ASSIGNMENT -
Within the listing below, the lines to output run from the one containing "every entry on" through the one containing "use wires::Notion;"; copy them exactly and nothing else.
━━━━━━
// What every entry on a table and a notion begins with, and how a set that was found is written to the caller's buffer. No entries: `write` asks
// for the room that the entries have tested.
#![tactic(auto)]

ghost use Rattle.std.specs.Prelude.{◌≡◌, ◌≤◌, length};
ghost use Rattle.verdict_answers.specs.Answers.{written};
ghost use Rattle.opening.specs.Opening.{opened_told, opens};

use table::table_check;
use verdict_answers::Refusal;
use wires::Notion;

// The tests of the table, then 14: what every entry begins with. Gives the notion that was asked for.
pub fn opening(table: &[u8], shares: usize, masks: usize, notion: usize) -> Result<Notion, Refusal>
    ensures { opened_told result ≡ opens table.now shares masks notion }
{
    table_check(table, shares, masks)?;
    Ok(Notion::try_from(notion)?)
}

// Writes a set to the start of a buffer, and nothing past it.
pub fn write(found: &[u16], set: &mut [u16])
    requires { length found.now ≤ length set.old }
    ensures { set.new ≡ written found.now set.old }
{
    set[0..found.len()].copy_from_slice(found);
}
━━━━━━
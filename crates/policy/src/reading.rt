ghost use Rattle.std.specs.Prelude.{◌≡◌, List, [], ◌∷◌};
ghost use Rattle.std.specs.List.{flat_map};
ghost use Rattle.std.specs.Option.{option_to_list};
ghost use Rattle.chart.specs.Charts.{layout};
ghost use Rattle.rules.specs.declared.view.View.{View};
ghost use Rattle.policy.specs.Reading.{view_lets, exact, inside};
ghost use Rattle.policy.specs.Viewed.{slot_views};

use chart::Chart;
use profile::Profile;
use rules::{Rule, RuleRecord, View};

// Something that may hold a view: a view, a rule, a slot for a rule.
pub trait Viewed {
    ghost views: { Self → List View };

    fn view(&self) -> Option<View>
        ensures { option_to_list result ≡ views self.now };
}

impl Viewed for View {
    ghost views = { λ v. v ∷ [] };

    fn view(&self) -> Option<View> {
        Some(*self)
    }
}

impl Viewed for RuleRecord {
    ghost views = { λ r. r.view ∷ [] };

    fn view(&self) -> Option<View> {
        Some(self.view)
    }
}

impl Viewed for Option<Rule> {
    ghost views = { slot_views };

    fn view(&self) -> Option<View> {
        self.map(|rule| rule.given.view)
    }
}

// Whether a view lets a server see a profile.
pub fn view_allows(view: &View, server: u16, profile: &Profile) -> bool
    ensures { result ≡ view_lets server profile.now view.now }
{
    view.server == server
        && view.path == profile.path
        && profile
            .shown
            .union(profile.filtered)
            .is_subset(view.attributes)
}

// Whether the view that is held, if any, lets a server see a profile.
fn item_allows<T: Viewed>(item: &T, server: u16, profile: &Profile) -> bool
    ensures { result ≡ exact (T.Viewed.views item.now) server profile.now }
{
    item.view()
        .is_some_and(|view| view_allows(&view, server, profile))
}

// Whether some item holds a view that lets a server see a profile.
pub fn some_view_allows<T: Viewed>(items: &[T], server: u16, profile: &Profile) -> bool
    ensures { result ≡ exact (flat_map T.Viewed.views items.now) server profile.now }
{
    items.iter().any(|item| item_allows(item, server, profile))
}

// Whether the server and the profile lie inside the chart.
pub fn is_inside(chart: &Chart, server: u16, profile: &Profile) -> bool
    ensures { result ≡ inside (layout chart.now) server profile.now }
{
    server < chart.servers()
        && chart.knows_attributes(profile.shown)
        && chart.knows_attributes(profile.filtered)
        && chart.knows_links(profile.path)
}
━━━━━━
RESPONSE -
// What every entry on a table and a notion begins with, and how a set that was found is written to the caller's buffer. No entries: `write` asks
// for the room that the entries have tested.
#![tactic(auto)]

ghost use Rattle.std.specs.Prelude.{◌≡◌, ◌≤◌, length};
ghost use Rattle.verdict_answers.specs.Answers.{written};
ghost use Rattle.opening.specs.Opening.{opened_told, opens};

use table::table_check;
use verdict_answers::Refusal;
use wires::Notion;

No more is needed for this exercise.